# Go pack go!!!



## Arrow3 (Jan 20, 2017)

Can't wait for Sunday!!


----------



## JonathanG2013 (Jan 20, 2017)

You can go back go all you want. Go back go out of the Georgia Dome after the Falcons beat you on Sunday.


----------



## Gold Ranger (Jan 20, 2017)




----------



## Jake Allen (Jan 20, 2017)

Hold Pack Hold, and never, ever get called for it.


----------



## elfiii (Jan 20, 2017)

Gold Ranger said:


>


----------



## KyDawg (Jan 20, 2017)

Gonna be a good game. Go Falcons!


----------



## Browning Slayer (Jan 20, 2017)

Arrow3 said:


> Can't wait for Sunday!!



Go Home Yankee....


----------



## Arrow3 (Jan 20, 2017)

Gold Ranger said:


>



Hilarious! !!



Browning Slayer said:


> Go Home Yankee....



No Yankee here. Born and raised in Oglethorpe County!  Just been a Packer fan since my teens!


----------



## Nugefan (Jan 20, 2017)

Arrow3 said:


> Hilarious! !!
> 
> 
> 
> No Yankee here. Born and raised in Oglethorpe County!  Just been a Packer fan since my teens!



Bless yo heart ....


----------



## drhunter1 (Jan 20, 2017)

JonathanG2013 said:


> You can go back go all you want. Go back go out of the Georgia Dome after the Falcons beat you on Sunday.



Traitor!


----------



## Coenen (Jan 20, 2017)

Arrow3 said:


> Can't wait for Sunday!!


This guy gets it. You headed down to the Pep Rally?


----------



## sea trout (Jan 20, 2017)

Go Falcons!!!!!!!!!!!!!!!!!!!!!!!!!!!!!!!!!!!!!!!!!!!!!!!!!!!!!!!!!!!!!!!!!!!!!!!!!!!!!!!!!


----------



## Hunter922 (Jan 20, 2017)

As long as the Falcons do what they have done for most of the year they will be fine. Their is a reason the Pack had to win every game for the last month and a half just to sniff the playoffs. They better Go the birds should eat that defense alive..


----------



## Gold Ranger (Jan 20, 2017)

Hunter922 said:


> Their is a reason the Pack had to win every game for the last month and a half just to sniff the playoffs.

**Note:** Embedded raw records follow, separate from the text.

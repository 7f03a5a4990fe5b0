//! Listing the packets of a classic capture, with any form of lines.

ghost use Rattle.std.specs.Prelude.{◌≡◌, ◌≤◌, ◌<◌, ◌+◌, ℕ, List, length, true, IfSome, IfOk, IfErr};
ghost use Rattle.pcap_core.specs.Answer.{number_in};
ghost use Rattle.pcap_core.specs.declared.common.Endianness.{Endianness};
ghost use Rattle.pcap_classic.specs.declared.common.TsResolution.{TsResolution};
ghost use Rattle.pcap_classic.specs.declared.pcap.packet.PacketHeader.{PacketHeader};
ghost use Rattle.pcap_classic.specs.PacketText.{packet_limit, Captured};
ghost use Rattle.pcap_classic.specs.Packets.{packet_format};
ghost use Rattle.pcap_program.specs.Exits.{IsMemoryExit, exit_of};
ghost use Rattle.capcopy_run.specs.Exits.{IsOfKnownWord};
ghost use Rattle.pcap_program.specs.Lines.{WritesLine};
ghost use Rattle.capcopy_run.specs.Listing.{ListsUntil};
ghost use Rattle.capcopy_run.specs.PacketLines.{of_header, packets_in};
ghost use Rattle.capcopy_run.specs.Turns.{TurnGives, WalkGives, turn, walk};

use crate::input::skip_exact;
use crate::items::{Lister, list_items};
use byteorder::{BigEndian, ByteOrder, LittleEndian};
use pcap_file::pcap::{Packet, PacketHeader, PcapHeader};
use pcap_file::{Endianness, TsResolution};
use pcap_program::Exit;
use std::alloc::Global;
use std::io::{BufRead, Write};

/// A writer of lines for packets.
pub trait PacketLine {
    ghost Setting: { Type 0 };

    ghost grows: { Type 0 };

    ghost line: { Setting → ℕ → PacketHeader → List ℕ → Type 0 };

    ghost setting: { Self → Setting };

    /// Writes the line of the packet with this header at this index.
    fn write_line<W: Write>(
        &mut self,
        alloc: Global,
        output: &mut W,
        index: u64,
        header: PacketHeader,
    ) -> Result<(), Exit>
        ensures same { setting self.new ≡ setting self.old }
        ensures memory { IfErr result (λ exit. IsMemoryExit exit → grows) }
        ensures writes { WritesLine (line (setting self.old) index header) (W.contents output.old) (W.contents output.new) result };
}

// Writes a line for each whole packet record at the front of these bytes, and returns the number of bytes of these records. Its parameters
// are those of `Lister::list_shown`, with two fields of `Packets`.
fn list_shown<L: PacketLine, B: ByteOrder, W: Write>(
    alloc: Global,
    lines: &mut L,
    ts_resolution: TsResolution,
    shown: &[u8],
    output: &mut W,
    listed: &mut u64,
    most: u64,
) -> Result<usize, Exit>
    requires { listed.old ≤ most }
    ensures same { L.setting lines.new ≡ L.setting lines.old }
    ensures counts { (listed.old ≤ listed.new) × (listed.new ≤ most) }
    ensures within { IfOk result (λ used. used ≤ length shown.now) }
    ensures memory { IfErr result (λ exit. IsMemoryExit exit → L.grows) }
    ensures walks { WalkGives (of_header (L.line (L.setting lines.old))) (packet_format packet_limit B.number_of ts_resolution) shown.now
        (walk tt (W.contents output.old) listed.old) (walk tt (W.contents output.new) listed.new) most result }
{
    let mut rest = shown;
    while *listed < most {
        let Ok((after, packet)) = Packet::from_slice::<B>(rest, ts_resolution) else {
            break;
        };
        lines.write_line(alloc, output, *listed + 1, packet.header)?;
        *listed += 1;
        rest = after;
    }
    Ok(shown.len() - rest.len())
}

// Writes the line of the packet at the front of the input, after all of its data has been read. Its parameters are those of
// `Lister::list_torn`, with two fields of `Packets`.
fn list_torn<L: PacketLine, B: ByteOrder, R: BufRead, W: Write>(
    alloc: Global,
    lines: &mut L,
    ts_resolution: TsResolution,
    input: &mut R,
    output: &mut W,
    listed: &mut u64,
    most: u64,
) -> Result<bool, Exit>
    requires { listed.old < most }
    ensures same { L.setting lines.new ≡ L.setting lines.old }
    ensures counts { IfOk result (λ more. listed.new ≡ listed.old + 1) }
    ensures memory { IfErr result (λ exit. IsMemoryExit exit → L.grows) }
    ensures turn { TurnGives (of_header (L.line (L.setting lines.old))) (packet_format packet_limit B.number_of ts_resolution)
        (turn tt (R.remaining input.old) (W.contents output.old) listed.old)
        (turn tt (R.remaining input.new) (W.contents output.new) listed.new) most result }
{
    let header = PacketHeader::from_reader::<R, B>(input, ts_resolution)?;
    skip_exact(input, header.incl_len as usize)?;
    lines.write_line(alloc, output, *listed + 1, header)?;
    *listed += 1;
    Ok(true)
}

// The packets of a capture, and the writer of their lines.
#[derive(Drop)]
struct Packets<L> {
    lines: L,
    order: Endianness,
    ts_resolution: TsResolution,
}

impl<L: PacketLine> Lister for Packets<L> {
    ghost Setting = { L.Setting × Endianness × TsResolution };

    ghost State = { Unit {0} };

    ghost Value = { Captured };

    ghost grows = { L.grows };

    ghost is_line = { λ setting. of_header (L.line setting.0) };

    ghost format = { λ setting. packet_format packet_limit (number_in setting.1) setting.2 };

    ghost setting = { λ packets. (L.setting packets.lines, packets.order, packets.ts_resolution) };

    ghost state = { λ packets. tt };

    fn list_shown<W: Write>(
        &mut self,
        alloc: Global,
        shown: &[u8],
        output: &mut W,
        listed: &mut u64,
        most: u64,
    ) -> Result<usize, Exit> {
        let resolution = self.ts_resolution;
        let lines = &mut self.lines;
        match self.order {
            Endianness::Big => {
                list_shown::<L, BigEndian, W>(alloc, lines, resolution, shown, output, listed, most)
            }
            Endianness::Little => list_shown::<L, LittleEndian, W>(
                alloc, lines, resolution, shown, output, listed, most,
            ),
        }
    }

    fn list_torn<R: BufRead, W: Write>(
        &mut self,
        alloc: Global,
        input: &mut R,
        output: &mut W,
        listed: &mut u64,
        most: u64,
    ) -> Result<bool, Exit> {
        let resolution = self.ts_resolution;
        let lines = &mut self.lines;
        match self.order {
            Endianness::Big => list_torn::<L, BigEndian, R, W>(
                alloc, lines, resolution, input, output, listed, most,
            ),
            Endianness::Little => list_torn::<L, LittleEndian, R, W>(
                alloc, lines, resolution, input, output, listed, most,
            ),
        }
    }
}

/// Writes a line for each packet of the capture in the input, up to `most` lines.
///
/// Returns an error for a malformed or truncated rest after it has written the lines of the packets before it.
pub fn list_packets<L: PacketLine + Drop, R: BufRead, W: Write>(
    alloc: Global,
    lines: L,
    input: &mut R,
    output: &mut W,
    most: u64,
) -> Result<(), Exit>
    ensures known { IfErr result IsOfKnownWord }
    ensures memory { IfErr result (λ exit. IsMemoryExit exit → L.grows) }
    ensures lists { IfSome (R.remaining input.old) (λ s. ListsUntil (packets_in L.grows (of_header (L.line (L.setting lines)))) most s
        (R.remaining input.new) (W.contents output.old) (W.contents output.new) (exit_of result)) }
{
    let header = PcapHeader::from_reader(input)?;
    let mut packets = Packets {
        lines,
        order: header.endianness(),
        ts_resolution: header.ts_resolution(),
    };
    list_items(alloc, &mut packets, input, output, most)
}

There is also a reason that they actually won all those games.  Never take Rodgers lightly.


----------



## Arrow3 (Jan 20, 2017)

Gold Ranger said:


> There is also a reason that they actually won all those games.  Never take Rodgers lightly.



This!!


----------



## ADDICTED2HUNTIN (Jan 20, 2017)

I think I'm gonna pull for the home team! 
Our offense should put up enough to pull this out. It will be a high scoring game for sure


----------



## BeerThirty (Jan 20, 2017)

I'll give you a Go Pack Go!!!


----------



## fish hawk (Jan 21, 2017)

http://www.espn.com/nfl/story/_/pag...-ric-flair-sends-words-wisdom-atlanta-falcons


----------



## fish hawk (Jan 21, 2017)

If Rodgers thinks he feels bad now wait till the NFL sack leader 
Vic Beasley gets finished slamming his head in the turf


----------



## Jody Hawk (Jan 21, 2017)

That's screwed up.  Go home team.


----------



## sea trout (Jan 21, 2017)

I was a Hogan fan but Great speech Ric!!!!!! I'm a Flair fan now!!!

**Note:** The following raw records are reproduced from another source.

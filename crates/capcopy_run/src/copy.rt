//! The word `copy`: writes the capture again, unchanged or with another header.

ghost use Rattle.std.specs.Prelude.{IfErr};
ghost use Rattle.capcopy_run.specs.Copying.{CopiesUntil};
ghost use Rattle.pcap_program.specs.Exits.{exit_of};
ghost use Rattle.capcopy_run.specs.Exits.{IsOfKnownWord};

use pcap_file::run::{Copied, Under, copy_buffered};
use pcap_program::Exit;
use std::alloc::Global;
use std::io::{BufRead, Write};

/// Writes the capture in the input again, up to `most` packets.
///
/// Returns an error for a malformed or truncated rest after it has written the packets before it.
pub(crate) fn copy<R: BufRead, W: Write>(
    alloc: Global,
    input: &mut R,
    output: &mut W,
    under: Under,
    most: u64,
) -> Result<(), Exit>
    ensures known { IfErr result IsOfKnownWord }
    ensures copied { CopiesUntil under (R.remaining input.old) (R.remaining input.new) (W.contents output.old) (W.contents output.new) most (exit_of result) }
{
    let Copied { packets, fault, .. } = copy_buffered(alloc, input, output, under, most);
    match fault {
        Some(error) => Err(Exit::from(error)),
        None if packets == most => Err(Exit::Most),
        None => Ok(()),
    }
}
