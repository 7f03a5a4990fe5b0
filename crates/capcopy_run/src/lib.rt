//! The actions of the program `capcopy`, over any input and output.
#![tactic(auto)]

mod blocks;
mod commands;
mod copy;
mod input;
mod items;
mod line;
mod list;
mod listed_blocks;
mod message;
mod packets;
mod words;

pub use commands::run;
pub use items::{Lister, list_items};
pub use list::list_lines;
pub use listed_blocks::{BlockLine, Blocks};
pub use message::Message;
pub use packets::{PacketLine, list_packets};
pub use words::{Arguments, MOST, WordList, Words, run_words};
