//! Skipping bytes of the input.

ghost use Rattle.std.specs.Prelude.{OnOk, OnErr};
ghost use Rattle.pcap_items.specs.Streams.{TakesFewer};
ghost use Rattle.capcopy_run.specs.Skipping.{TakesExactly};

use std::io;
use std::io::{BufRead, ErrorKind};

/// Skips exactly `n` bytes of the input. Returns the errors of the input, and `UnexpectedEof` if the input ends before.
pub fn skip_exact<R: BufRead>(input: &mut R, n: usize) -> io::Result<()>
    ensures skipped { OnOk result (TakesExactly n (R.remaining input.old) (R.remaining input.new)) }
    ensures part { OnErr result (TakesFewer n (R.remaining input.old) (R.remaining input.new)) }
{
    let mut missing = n;
    while missing > 0 {
        let shown = input.fill_buf()?;
        if shown.is_empty() {
            let message = "the input ended early";
            return Err(io::Error::new(ErrorKind::UnexpectedEof, message));
        }
        let used = shown.len().min(missing);
        input.consume(used);
        missing -= used;
    }
    Ok(())
}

Go falcons!!!!!!!! 1 more day!!!!!!!!!!!!


----------



## Silver Britches (Jan 21, 2017)

Playing the Packers, aaaaaaaaand, it being the last game in the dome, I think the Falcons gonna play some inspired football!

I'm ready to get it on! 

GO FALCONS!


----------



## Hunter922 (Jan 21, 2017)

Gold Ranger said:


> There is also a reason that they actually won all those games.  Never take Rodgers lightly.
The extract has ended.